Колю Краснова поразили ее руки, которые он увидел в окошечко кассы. Тонкопалые, почти прозрачные на свету, с удивительно гладкими розовыми ноготками. Руки дамы. Словно и не пережила она годы оккупации, с висящей над ней, как и над всеми чудом выжившими евреями, угрозой мгновенной или долгой, мучительной смерти. Не было семи детдомовских лет, страшного 1952 года, превратившего советских мирных антисемитов в черносотенцев, когда Света благодарила Бога за то, что пошла на бухгалтерские курсы, а не в медицинское училище.

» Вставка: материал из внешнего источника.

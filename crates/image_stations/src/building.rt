//! Builds the stations of an internet, each with the tables that the image has for it.

ghost use Rattle.std.specs.Prelude.{IfOk, IsOkUnless, OnOk, length, ◌+◌, ◌<◌, ◌≤◌};
ghost use Rattle.audit.specs.Rules.{Passes};
ghost use Rattle.image_stations.specs.Building.{AreFirst};
ghost use Rattle.image_stations.specs.Holders.{AreFresh, HoldStations};

use crate::nodes::node_of;
use crate::routers::router_of;
use at_base::Error;
use end_node::EndNode;
use router::Router;
use rtmp::RouteTable;
use station::Member;
use std::alloc::Global;
use table_image::Image;

/// Appends the router with this index.
#[tactic(auto, using(crate::proofs::Pushed::with_next))]
fn put_router<T: RouteTable>(
    stations: &mut Vec<Member<Router<T>, EndNode>>,
    image: &Image,
    index: u8,
) -> Result<(), Error>
    requires passes { Passes image.now }
    requires there { index < length image.now.routers }
    requires first { AreFirst image.now index stations.old.items }
    requires fresh { AreFresh stations.old.items }
    ensures put { OnOk result (AreFirst image.now (index + 1) stations.new.items) }
    ensures fresh { OnOk result (AreFresh stations.new.items) }
    ensures refused { IsOkUnless result Error.Memory }
{
    let router = router_of(*stations.allocator(), image, index)?;
    stations.push(Member::Router(router))?;
    Ok(())
}

/// Appends the routers with indexes from `from` on.
fn put_routers<T: RouteTable>(
    stations: &mut Vec<Member<Router<T>, EndNode>>,
    image: &Image,
    from: u8,
) -> Result<(), Error>
    requires passes { Passes image.now }
    requires within { from ≤ length image.now.routers }
    requires first { AreFirst image.now from stations.old.items }
    requires fresh { AreFresh stations.old.items }
    ensures put { OnOk result
        (AreFirst image.now (length image.now.routers) stations.new.items) }
    ensures fresh { OnOk result (AreFresh stations.new.items) }
    ensures refused { IsOkUnless result Error.Memory }
{
    if (from as usize) < image.routers().len() {
        put_router(stations, image, from)?;
        put_routers(stations, image, from + 1)
    } else {
        Ok(())
    }
}

/// Appends the node with this index.
#[tactic(auto, using(crate::proofs::Pushed::with_next, crate::proofs::Pushed::node_fresh))]
fn put_node<T: RouteTable>(
    stations: &mut Vec<Member<Router<T>, EndNode>>,
    image: &Image,
    index: u8,
) -> Result<(), Error>
    requires passes { Passes image.now }
    requires there { index < length image.now.nodes }
    requires first { AreFirst image.now (length image.now.routers + index) stations.old.items }
    requires fresh { AreFresh stations.old.items }
    ensures put { OnOk result
        (AreFirst image.now (length image.now.routers + index + 1) stations.new.items) }
    ensures fresh { OnOk result (AreFresh stations.new.items) }
    ensures refused { IsOkUnless result Error.Memory }
{
    let node = node_of(*stations.allocator(), image, index)?;
    stations.push(Member::Node(node))?;
    Ok(())
}

/// Appends the nodes with indexes from `from` on.
fn put_nodes<T: RouteTable>(
    stations: &mut Vec<Member<Router<T>, EndNode>>,
    image: &Image,
    from: u8,
) -> Result<(), Error>
    requires passes { Passes image.now }
    requires within { from ≤ length image.now.nodes }
    requires first { AreFirst image.now (length image.now.routers + from) stations.old.items }
    requires fresh { AreFresh stations.old.items }
    ensures put { OnOk result (HoldStations image.now stations.new.items) }
    ensures fresh { OnOk result (AreFresh stations.new.items) }
    ensures refused { IsOkUnless result Error.Memory }
{
    if (from as usize) < image.nodes().len() {
        put_node(stations, image, from)?;
        put_nodes(stations, image, from + 1)
    } else {
        Ok(())
    }
}

/// The stations of an image that passes the audit: its routers, then its nodes. Error: `Memory`.
#[tactic(auto, using(crate::proofs::Pushed::none_first))]
pub fn stations_of<T: RouteTable>(
    alloc: Global,
    image: &Image,
) -> Result<Vec<Member<Router<T>, EndNode>>, Error>
    requires passes { Passes image.now }
    ensures ok { IfOk result (λ stations. HoldStations image.now stations.items) }
    // They have received nothing yet.
    ensures fresh { IfOk result (λ stations. AreFresh stations.items) }
    ensures refused { IsOkUnless result Error.Memory }
{
    let mut stations = Vec::new(alloc);
    put_routers(&mut stations, image, 0)?;
    put_nodes(&mut stations, image, 0)?;
    Ok(stations)
}
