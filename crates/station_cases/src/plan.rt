//! The plan of a case's station.

use crate::texts::{Entity, entity_of, row};
use at_base::{Addr, Hw, Name, Range};
use case_words::{Answer, Stop, Words};
use nbp::Names;
use rtmp::Row;
use station::PortPlan;
use std::alloc::Global;
use zip_zones::ZoneTable;

/// A port of the planned station.
#[derive(Drop)]
pub(crate) struct PlannedPort {
    range: Range,
    hw: Hw,
    tries: Vec<Addr>,
    own: Option<Addr>,
}

/// The initial state of a station: ports, rows, zone lists, and for a node its zone, its router and
/// its names.
#[derive(Drop)]
pub(crate) struct Plan {
    pub(crate) ports: Vec<PlannedPort>,
    pub(crate) rows: Vec<Row>,
    zones: Option<ZoneTable>,
    pub(crate) zone: Option<Name>,
    pub(crate) router: Option<Addr>,
    names: Option<Names>,
}

/// The addresses up to the end of the line.
fn addrs(alloc: Global, mut words: Words<'_>) -> Result<Vec<Addr>, Stop> {
    let mut addrs = Vec::new(alloc);
    for _ in 0..u64::MAX {
        if words.is_empty() {
            break;
        }
        addrs.push(words.addr()?)?;
    }
    Ok(addrs)
}

/// Zone names, separated by semicolons, up to the end of the line.
fn names(alloc: Global, mut words: Words<'_>) -> Result<Vec<Name>, Stop> {
    let mut names = Vec::new(alloc);
    for _ in 0..u64::MAX {
        if words.is_empty() {
            break;
        }
        names.push(words.name(alloc)?)?;
        let _ = words.passes(";");
    }
    Ok(names)
}

/// A port, as `10-19 hardware 020000000001 own 10.1` or
/// `10-19 hardware 020000000001 tries 10.1 10.2`.
fn port(alloc: Global, mut words: Words<'_>) -> Result<PlannedPort, Stop> {
    let range = words.range()?;
    words.expect("hardware")?;
    let hw = words.hw()?;
    if words.passes("own") {
        return Ok(PlannedPort {
            range,
            hw,
            tries: Vec::new(alloc),
            own: Some(words.addr()?),
        });
    }
    words.expect("tries")?;
    Ok(PlannedPort {
        range,
        hw,
        tries: addrs(alloc, words)?,
        own: None,
    })
}

impl PlannedPort {
    /// The plan of the port.
    pub(crate) fn plan(&self) -> PortPlan<'_> {
        PortPlan {
            range: self.range,
            hw: self.hw,
            tries: self.tries.as_slice(),
            own: self.own,
        }
    }
}

/// The range with as many networks as this one that is `count` ranges after it.
fn range_after(range: &Range, count: u16) -> Result<Range, Stop> {
    let (start, end) = (range.start(), range.end());
    let step = end
        .saturating_sub(start)
        .saturating_add(1)
        .saturating_mul(count);
    Ok(Range::new(start.saturating_add(step), end.saturating_add(step))?)
}

/// The row with another range.
fn row_of(row: &Row, range: Range) -> Row {
    Row {
        range,
        distance: row.distance,
        port: row.port,
        next: row.next,
        state: row.state,
    }
}

/// Rows, as `10-19 distance 0 port 0 next 0.0 good`, or several, each with the range after the one
/// before it.
fn rows(alloc: Global, mut words: Words<'_>) -> Result<Vec<Row>, Stop> {
    let mut rows = Vec::new(alloc);
    let first = row(&mut words)?;
    let times: u16 = if words.passes("times") {
        words.number()?
    } else {
        1
    };
    for count in 0..times.max(1) {
        let range = range_after(&first.range, count)?;
        rows.push(row_of(&first, range))?;
    }
    Ok(rows)
}

/// A zone list, as `10-19 complete "Red"`, or names that are added to one, as `10-19 of 3 "Red"`.
fn put_list(alloc: Global, zones: &mut ZoneTable, mut words: Words<'_>) -> Answer {
    let range = words.range()?;
    if words.passes("complete") {
        let names = names(alloc, words)?;
        zones.set(range, names.as_slice())?;
        return Ok(());
    }
    let total: u8 = words.named("of")?;
    let names = names(alloc, words)?;
    for name in names.iter() {
        zones.add(range, total, name)?;
    }
    Ok(())
}

/// Registers a name for a socket, 1 to 254.
fn register(names: &mut Names, entity: &Entity, socket: u8) -> Result<u8, Stop> {
    if socket < 1 || 254 < socket {
        return Err(Stop::Unclear);
    }
    Ok(names.register(entity.object, entity.kind, socket)?)
}

impl Plan {
    /// The plan of a station before the commands that describe it.
    pub(crate) fn new(alloc: Global) -> Plan {
        Plan {
            ports: Vec::new(alloc),
            rows: Vec::new(alloc),
            zones: None,
            zone: None,
            router: None,
            names: None,
        }
    }

    /// A copy of the zone lists.
    pub(crate) fn zones(&self, alloc: Global) -> Result<ZoneTable, Stop> {
        match &self.zones {
            Some(zones) => Ok(zones.copy()?),
            None => Ok(ZoneTable::new(alloc)?),
        }
    }

    /// A copy of the names.
    pub(crate) fn names(&self, alloc: Global) -> Result<Names, Stop> {
        match &self.names {
            Some(names) => Ok(names.copy()?),
            None => Ok(Names::new(alloc)?),
        }
    }

    fn put_port(&mut self, alloc: Global, words: Words<'_>) -> Answer {
        let port = port(alloc, words)?;
        self.ports.push(port)?;
        Ok(())
    }

    fn put_rows(&mut self, alloc: Global, words: Words<'_>) -> Answer {
        let rows = rows(alloc, words)?;
        self.rows.extend_from_slice(rows.as_slice())?;
        Ok(())
    }

    fn put_zones(&mut self, alloc: Global, words: Words<'_>) -> Answer {
        let mut zones = self.zones(alloc)?;
        put_list(alloc, &mut zones, words)?;
        self.zones = Some(zones);
        Ok(())
    }

    /// Registers a name, and appends its enumerator.
    fn put_name(&mut self, alloc: Global, words: &mut Words<'_>, text: &mut String) -> Answer {
        let mut names = self.names(alloc)?;
        let entity = entity_of(alloc, words)?;
        let socket = words.named("socket")?;
        let enumerator = register(&mut names, &entity, socket)?;
        self.names = Some(names);
        writeln!(text, "{enumerator}")?;
        Ok(())
    }

    fn remove_name(&mut self, enumerator: u8) -> Answer {
        match &mut self.names {
            Some(names) => names.remove(enumerator)?,
            None => return Err(Stop::Unclear),
        }
        Ok(())
    }

    /// Carries out a command.
    pub(crate) fn act(&mut self, alloc: Global, mut words: Words<'_>, text: &mut String) -> Answer {
        match words.word() {
            "port" => self.put_port(alloc, words),
            "row" => self.put_rows(alloc, words),
            "list" => self.put_zones(alloc, words),
            "zone" => {
                self.zone = Some(words.name(alloc)?);
                Ok(())
            }
            "router" => {
                self.router = Some(words.addr()?);
                Ok(())
            }
            "name" => self.put_name(alloc, &mut words, text),
            "unname" => self.remove_name(words.number()?),
            _ => Err(Stop::Unclear),
        }
    }
}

Руки эти не покрылись цыпками и трещинами от ледяной воды в рабочих «общагах», не потемнели от черной угольной пыли, которую ветер срывал с пирамид терриконов и гнал прочь, в степь, к далекому Азовскому морю. Потом он, нагнувшись, через полукруглое окошечко, увидел ее лицо с огромными миндалевидными черными глазами, бархатными и влажными, и понял, что пропал.
Через три месяца Света Натарзон сменила фамилию на Краснову, а еще через десять месяцев, в июле 1958 года, в одноэтажном обшарпанном роддоме, окна которого стали совсем мутными от едкой пыли, наполнявшей воздух и шахтерские легкие, родился Краснов Константин Николаевич.
Горластый, толстозадый малыш, здоровый плод странного брака по любви, так, как браки по любви и в ту пору были редки и необычны.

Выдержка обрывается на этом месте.